BEGIN Available data

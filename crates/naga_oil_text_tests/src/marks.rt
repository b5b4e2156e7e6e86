use naga_oil_words::{add_decoration, has_module_mark};
use std::test::Fail;

/// Names, and what they are with the decoration of the module `a`.
static NAMES: [(&str, &str); 6] = [
    ("f", "fX_naga_oil_mod_XMEX"),
    ("", "X_naga_oil_mod_XMEX"),
    ("X_naga_oil_mod_", "X_naga_oil_mod_X_naga_oil_mod_XMEX"),
    ("fX_naga_oil_mod_XMIX", "fX_naga_oil_mod_XMIX"),
    ("X_naga_oil_mod_X", "X_naga_oil_mod_X"),
    (
        "fX_naga_oil_vrt_XMIX",
        "fX_naga_oil_vrt_XMIXX_naga_oil_mod_XMEX",
    ),
];

#[test]
fn names_get_a_decoration_once(rt: HostRuntime) -> Result<(), Fail> {
    for (name, wanted) in &NAMES {
        let mut text = String::from_str(rt.alloc(), name)?;
        let got = add_decoration(&mut text, "X_naga_oil_mod_XMEX")?;
        if text.as_str() != *wanted || got == has_module_mark(name) {
            return Err(Fail::from(*name));
        }
    }
    Ok(())
}
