//! Copies entry points into the module.
ghost use Rattle.std.specs.Prelude.{◌≡◌, ◌∷◌, [], Some, IsSome, IfOk, OnOk, IfSome, All, map, option_map};
ghost use Rattle.std.specs.Borrow.{Bor};
ghost use Rattle.naga_oil_ir.specs.ModuleValue.{entry_value};
ghost use Rattle.naga_oil_ir.specs.declared.module.Module.{Module as Source};
ghost use Rattle.naga_oil_ir.specs.declared.names.ItemPlace.{ItemPlace};
ghost use Rattle.naga_oil_derive.specs.World.{value_of};
ghost use Rattle.naga_oil_derive.specs.Derived.{Keeps};
ghost use Rattle.naga_oil_derive.specs.DerivedFunctions.{KeepsFunctions};
ghost use Rattle.naga_oil_derive.specs.DerivedView.{source_of};
ghost use Rattle.naga_oil_derive.specs.DerivedValue.{place_by};
ghost use Rattle.naga_oil_derive.specs.CopiedEntry.{import_items, sizes_names, mesh_names, place_expression, place_mesh, entries_state, copy_entry, copy_entries, make_module};
ghost use Rattle.naga_oil_derive.specs.DerivedEntries.{HasNamed, HasSizes, HasMesh, CanCopyEntry, CanCopyEntries};

use super::*;

type Sizes = Option<[Option<Operand>; 3]>;

type Payload = Option<Handle<GlobalVariable>>;

fn placed_expression(maps: &Maps, expression: Option<Operand>) -> Option<Operand>
    ensures { (s : Bor Source) →
        result ≡ place_expression (Some (source_of maps.now s)) expression }
{
    Some(maps.expression(expression?))
}

fn placed_payload(maps: &Maps, payload: Payload) -> Payload
    ensures { (s : Bor Source) →
        let place = place_by (λ p. p.global_variables) (Some (source_of maps.now s)) in
        result ≡ option_map place payload }
{
    Some(maps.global(payload?))
}

fn placed_sizes(maps: &Maps, sizes: Sizes) -> Sizes
    ensures { (s : Bor Source) →
        result ≡ option_map (map (place_expression (Some (source_of maps.now s)))) sizes }
{
    let sizes = sizes?;
    let x = placed_expression(maps, sizes[0]);
    let y = placed_expression(maps, sizes[1]);
    let z = placed_expression(maps, sizes[2]);
    Some([x, y, z])
}

fn placed_mesh(maps: &Maps, mesh: Option<MeshInfo>) -> Option<MeshInfo>
    ensures { (s : Bor Source) →
        result ≡ option_map (place_mesh (Some (source_of maps.now s))) mesh }
{
    let mesh = mesh?;
    Some(MeshInfo {
        vertex_output_type: maps.ty(mesh.vertex_output_type),
        primitive_output_type: maps.ty(mesh.primitive_output_type),
        output: maps.global(mesh.output),
        max_vertices: placed_expression(maps, mesh.max_vertices),
        max_primitives: placed_expression(maps, mesh.max_primitives),
        topology: mesh.topology,
    })
}

impl<'a> DerivedModule<'a> {
    fn import_some(&mut self, item: Option<ItemPlace>) -> AllocResult
        requires { HasNamed self.old item }
        ensures value { OnOk result (self.new ≡ import_items self.old (item ∷ [])) }
        ensures keeps { Keeps self.old self.new }
    {
        match item {
            None => Ok(()),
            Some(item) => self.import(item),
        }
    }

    fn import_sizes(&mut self, sizes: Sizes) -> AllocResult
        requires { HasSizes self.old sizes }
        ensures value { OnOk result (self.new ≡ import_items self.old (sizes_names sizes)) }
        ensures keeps { Keeps self.old self.new }
    {
        let Some(sizes) = sizes else { return Ok(()) };
        self.import_some(sizes[0].map(ItemPlace::ExpressionItem))?;
        self.import_some(sizes[1].map(ItemPlace::ExpressionItem))?;
        self.import_some(sizes[2].map(ItemPlace::ExpressionItem))
    }

    fn import_mesh(&mut self, mesh: Option<MeshInfo>) -> AllocResult
        requires { IfSome mesh (HasMesh self.old) }
        ensures value { OnOk result (self.new ≡ import_items self.old (mesh_names mesh)) }
        ensures keeps { Keeps self.old self.new }
    {
        let Some(mesh) = mesh else { return Ok(()) };
        self.import(ItemPlace::TypeItem(mesh.vertex_output_type))?;
        self.import(ItemPlace::TypeItem(mesh.primitive_output_type))?;
        self.import(ItemPlace::GlobalItem(mesh.output))?;
        self.import_some(mesh.max_vertices.map(ItemPlace::ExpressionItem))?;
        self.import_some(mesh.max_primitives.map(ItemPlace::ExpressionItem))
    }

    /// Returns a copy of an entry point of the source, after copying what it names.
    fn copied_entry(&mut self, entry: &EntryPoint) -> AllocResult<EntryPoint>
        requires { CanCopyEntry self.old (entry_value entry.now) }
        ensures value { let made = copy_entry (entries_state self.old []) (entry_value entry.now) in
            IfOk result (λ e. entries_state self.new (entry_value e ∷ []) ≡ made) }
        ensures keeps { KeepsFunctions self.old self.new }
    {
        let function = self.localize_function(&entry.function)?;
        self.import_sizes(entry.workgroup_size_overrides)?;
        self.import_mesh(entry.mesh_info)?;
        self.import_some(entry.task_payload.map(ItemPlace::GlobalItem))?;
        let name = entry.name.clone()?;
        let maps = &self.copying.maps;
        Ok(EntryPoint {
            name,
            stage: entry.stage,
            early_depth_test: entry.early_depth_test,
            workgroup_size: entry.workgroup_size,
            workgroup_size_overrides: placed_sizes(maps, entry.workgroup_size_overrides),
            function,
            mesh_info: placed_mesh(maps, entry.mesh_info),
            task_payload: placed_payload(maps, entry.task_payload),
        })
    }

    fn copied_entries(&mut self, entries: &[EntryPoint]) -> AllocResult<Vec<EntryPoint>>
        requires { All (λ e. CanCopyEntry self.old (entry_value e)) entries.now }
        ensures value { let values = map entry_value entries.now in
            let made = copy_entries (entries_state self.old []) values in
            IfOk result (λ v. entries_state self.new (map entry_value v.items) ≡ made) }
        ensures keeps { KeepsFunctions self.old self.new }
    {
        let mut copies = Vec::new(self.copying.alloc);
        for entry in entries {
            copies.push(self.copied_entry(entry)?)?;
        }
        Ok(copies)
    }

    /// Returns the module with copies of the source's entry points.
    pub fn into_module_with_entrypoints(mut self) -> AllocResult<Module>
        requires set { IsSome self.source }
        requires entries { CanCopyEntries self }
        ensures value { IfOk result (λ m. value_of m ≡ make_module self.entry) }
    {
        let source = self.shader.unwrap();
        let entries = self.copied_entries(&source.entry_points)?;
        let mut module = Module::from(self);
        module.entry_points = entries;
        Ok(module)
    }
}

END Available data

• The task: Transcribe the data above in full, keeping every word as it is.

• Response to the task:
filename crates/naga_oil_text_tests/src/marks.rt
repository b5b4e2156e7e6e86
use naga_oil_words::{add_decoration, has_module_mark};
use std::test::Fail;

/// Names, and what they are with the decoration of the module `a`.
static NAMES: [(&str, &str); 6] = [
    ("f", "fX_naga_oil_mod_XMEX"),
    ("", "X_naga_oil_mod_XMEX"),
    ("X_naga_oil_mod_", "X_naga_oil_mod_X_naga_oil_mod_XMEX"),
    ("fX_naga_oil_mod_XMIX", "fX_naga_oil_mod_XMIX"),
    ("X_naga_oil_mod_X", "X_naga_oil_mod_X"),
    (
        "fX_naga_oil_vrt_XMIX",
        "fX_naga_oil_vrt_XMIXX_naga_oil_mod_XMEX",
    ),
];

#[test]
fn names_get_a_decoration_once(rt: HostRuntime) -> Result<(), Fail> {
    for (name, wanted) in &NAMES {
        let mut text = String::from_str(rt.alloc(), name)?;
        let got = add_decoration(&mut text, "X_naga_oil_mod_XMEX")?;
        if text.as_str() != *wanted || got == has_module_mark(name) {
            return Err(Fail::from(*name));
        }
    }
    Ok(())
}
//! Copies entry points into the module.
ghost use Rattle.std.specs.Prelude.{◌≡◌, ◌∷◌, [], Some, IsSome, IfOk, OnOk, IfSome, All, map, option_map};
ghost use Rattle.std.specs.Borrow.{Bor};
ghost use Rattle.naga_oil_ir.specs.ModuleValue.{entry_value};
ghost use Rattle.naga_oil_ir.specs.declared.module.Module.{Module as Source};
ghost use Rattle.naga_oil_ir.specs.declared.names.ItemPlace.{ItemPlace};
ghost use Rattle.naga_oil_derive.specs.World.{value_of};
ghost use Rattle.naga_oil_derive.specs.Derived.{Keeps};
ghost use Rattle.naga_oil_derive.specs.DerivedFunctions.{KeepsFunctions};
ghost use Rattle.naga_oil_derive.specs.DerivedView.{source_of};
ghost use Rattle.naga_oil_derive.specs.DerivedValue.{place_by};
ghost use Rattle.naga_oil_derive.specs.CopiedEntry.{import_items, sizes_names, mesh_names, place_expression, place_mesh, entries_state, copy_entry, copy_entries, make_module};
ghost use Rattle.naga_oil_derive.specs.DerivedEntries.{HasNamed, HasSizes, HasMesh, CanCopyEntry, CanCopyEntries};

use super::*;

type Sizes = Option<[Option<Operand>; 3]>;

type Payload = Option<Handle<GlobalVariable>>;

fn placed_expression(maps: &Maps, expression: Option<Operand>) -> Option<Operand>
    ensures { (s : Bor Source) →
        result ≡ place_expression (Some (source_of maps.now s)) expression }
{
    Some(maps.expression(expression?))
}

fn placed_payload(maps: &Maps, payload: Payload) -> Payload
    ensures { (s : Bor Source) →
        let place = place_by (λ p. p.global_variables) (Some (source_of maps.now s)) in
        result ≡ option_map place payload }
{
    Some(maps.global(payload?))
}

fn placed_sizes(maps: &Maps, sizes: Sizes) -> Sizes
    ensures { (s : Bor Source) →
        result ≡ option_map (map (place_expression (Some (source_of maps.now s)))) sizes }
{
    let sizes = sizes?;
    let x = placed_expression(maps, sizes[0]);
    let y = placed_expression(maps, sizes[1]);
    let z = placed_expression(maps, sizes[2]);
    Some([x, y, z])
}

fn placed_mesh(maps: &Maps, mesh: Option<MeshInfo>) -> Option<MeshInfo>
    ensures { (s : Bor Source) →
        result ≡ option_map (place_mesh (Some (source_of maps.now s))) mesh }
{
    let mesh = mesh?;
    Some(MeshInfo {
        vertex_output_type: maps.ty(mesh.vertex_output_type),
        primitive_output_type: maps.ty(mesh.primitive_output_type),
        output: maps.global(mesh.output),
        max_vertices: placed_expression(maps, mesh.max_vertices),
        max_primitives: placed_expression(maps, mesh.max_primitives),
        topology: mesh.topology,
    })
}

impl<'a> DerivedModule<'a> {
    fn import_some(&mut self, item: Option<ItemPlace>) -> AllocResult
        requires { HasNamed self.old item }
        ensures value { OnOk result (self.new ≡ import_items self.old (item ∷ [])) }
        ensures keeps { Keeps self.old self.new }
    {
        match item {
            None => Ok(()),
            Some(item) => self.import(item),
        }
    }

    fn import_sizes(&mut self, sizes: Sizes) -> AllocResult
        requires { HasSizes self.old sizes }
        ensures value { OnOk result (self.new ≡ import_items self.old (sizes_names sizes)) }
        ensures keeps { Keeps self.old self.new }
    {
        let Some(sizes) = sizes else { return Ok(()) };
        self.import_some(sizes[0].map(ItemPlace::ExpressionItem))?;
        self.import_some(sizes[1].map(ItemPlace::ExpressionItem))?;
        self.import_some(sizes[2].map(ItemPlace::ExpressionItem))
    }

    fn import_mesh(&mut self, mesh: Option<MeshInfo>) -> AllocResult
        requires { IfSome mesh (HasMesh self.old) }
        ensures value { OnOk result (self.new ≡ import_items self.old (mesh_names mesh)) }
        ensures keeps { Keeps self.old self.new }
    {
        let Some(mesh) = mesh else { return Ok(()) };
        self.import(ItemPlace::TypeItem(mesh.vertex_output_type))?;
        self.import(ItemPlace::TypeItem(mesh.primitive_output_type))?;
        self.import(ItemPlace::GlobalItem(mesh.output))?;
        self.import_some(mesh.max_vertices.map(ItemPlace::ExpressionItem))?;
        self.import_some(mesh.max_primitives.map(ItemPlace::ExpressionItem))
    }

    /// Returns a copy of an entry point of the source, after copying what it names.
    fn copied_entry(&mut self, entry: &EntryPoint) -> AllocResult<EntryPoint>
        requires { CanCopyEntry self.old (entry_value entry.now) }
        ensures value { let made = copy_entry (entries_state self.old []) (entry_value entry.now) in
            IfOk result (λ e. entries_state self.new (entry_value e ∷ []) ≡ made) }
        ensures keeps { KeepsFunctions self.old self.new }
    {
        let function = self.localize_function(&entry.function)?;
        self.import_sizes(entry.workgroup_size_overrides)?;
        self.import_mesh(entry.mesh_info)?;
        self.import_some(entry.task_payload.map(ItemPlace::GlobalItem))?;
        let name = entry.name.clone()?;
        let maps = &self.copying.maps;
        Ok(EntryPoint {
            name,
            stage: entry.stage,
            early_depth_test: entry.early_depth_test,
            workgroup_size: entry.workgroup_size,
            workgroup_size_overrides: placed_sizes(maps, entry.workgroup_size_overrides),
            function,
            mesh_info: placed_mesh(maps, entry.mesh_info),
            task_payload: placed_payload(maps, entry.task_payload),
        })
    }

    fn copied_entries(&mut self, entries: &[EntryPoint]) -> AllocResult<Vec<EntryPoint>>
        requires { All (λ e. CanCopyEntry self.old (entry_value e)) entries.now }
        ensures value { let values = map entry_value entries.now in
            let made = copy_entries (entries_state self.old []) values in
            IfOk result (λ v. entries_state self.new (map entry_value v.items) ≡ made) }
        ensures keeps { KeepsFunctions self.old self.new }
    {
        let mut copies = Vec::new(self.copying.alloc);
        for entry in entries {
            copies.push(self.copied_entry(entry)?)?;
        }
        Ok(copies)
    }

    /// Returns the module with copies of the source's entry points.
    pub fn into_module_with_entrypoints(mut self) -> AllocResult<Module>
        requires set { IsSome self.source }
        requires entries { CanCopyEntries self }
        ensures value { IfOk result (λ m. value_of m ≡ make_module self.entry) }
    {
        let source = self.shader.unwrap();
        let entries = self.copied_entries(&source.entry_points)?;
        let mut module = Module::from(self);
        module.entry_points = entries;
        Ok(module)
    }
}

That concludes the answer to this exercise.